Casual Shadertoy Path Tracing 2: Image Improvement and Glossy Reflections - Impossible
https://blog.demofox.org/2020/06/06/casual-shadertoy-path-tracing-2-image-improvement-and-glossy-reflections
======
dang
Part 1 was discussed here:
[https://news.ycombinator.com/item?id=23308054](https://news.ycombinator.com/item?id=23308054)

------
fallingfrog
On the subject of the blue and magenta ball- I’ve seen materials that look
like that in the real world, it was a specially coated mirror, I can’t
remember what we used it for, but we were doing laser based imaging of live
cells. If you held the mirror at the right angle you could see that the light
transmitted was one color and the light reflected was another color.
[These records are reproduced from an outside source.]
//! Where the reader of a mapfile is.
ghost use Rattle.std.specs.Prelude.{◌≡◌, None};
ghost use Rattle.wf_block.specs.Blocks.{block_name};

/// A block of a mapfile (MapServer mapfile reference).
#[derive(Clone, Copy, PartialEq, Eq)]
pub enum Block {
    Map,
    Projection,
    Web,
    Metadata,
    Layer,
    Class,
    Style,
    Label,
    Feature,
    Points,
}

impl Block {
    /// The keyword that begins it.
    pub fn name(self) -> &'static str
        ensures { result.now ≡ block_name self }
    {
        match self {
            Block::Map => "MAP",
            Block::Projection => "PROJECTION",
            Block::Web => "WEB",
            Block::Metadata => "METADATA",
            Block::Layer => "LAYER",
            Block::Class => "CLASS",
            Block::Style => "STYLE",
            Block::Label => "LABEL",
            Block::Feature => "FEATURE",
            Block::Points => "POINTS",
        }
    }
}

/// Where the reader of a mapfile is. After an error it is where the error was found. Byte offsets
/// count from the front of the file, from 0.
#[derive(Clone, Copy)]
pub struct Place {
    /// The innermost block that is open: none before MAP and after its END.
    pub block: Option<Block>,
    /// The byte offset of the keyword that begins it.
    pub begin: usize,
    /// The byte offset of the keyword, of the text of PROJECTION, of the key of a pair or of the
    /// first number of a point, if the reader is at one or behind it.
    pub keyword: Option<usize>,
    /// The block that ended last.
    pub ended: Option<Block>,
    /// A keyword that it requires and doesn't have.
    pub lacking: Option<&'static str>,
    /// The byte offset of the token that was read last.
    pub last: Option<usize>,
}

impl Place {
    /// The front of a file.
    pub fn front() -> Self
        ensures block { result.block ≡ None }
        ensures keyword { result.keyword ≡ None }
        ensures ended { result.ended ≡ None }
        ensures lacking { result.lacking ≡ None }
        ensures last { result.last ≡ None }
    {
        Place {
            block: None,
            begin: 0,
            keyword: None,
            ended: None,
            lacking: None,
            last: None,
        }
    }
}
Update: it’s called a dichroic mirror:
[https://en.m.wikipedia.org/wiki/Dichroic_filter](https://en.m.wikipedia.org/wiki/Dichroic_filter)

------
fizixer
part 1: [https://blog.demofox.org/2020/05/25/casual-shadertoy-path-
tr...](https://blog.demofox.org/2020/05/25/casual-shadertoy-path-
tracing-1-basic-camera-diffuse-emissive/)

You started part 1 with:

> When you see a photorealistic image that someone says is “ray traced” what
> they likely mean is that it is “path traced” ...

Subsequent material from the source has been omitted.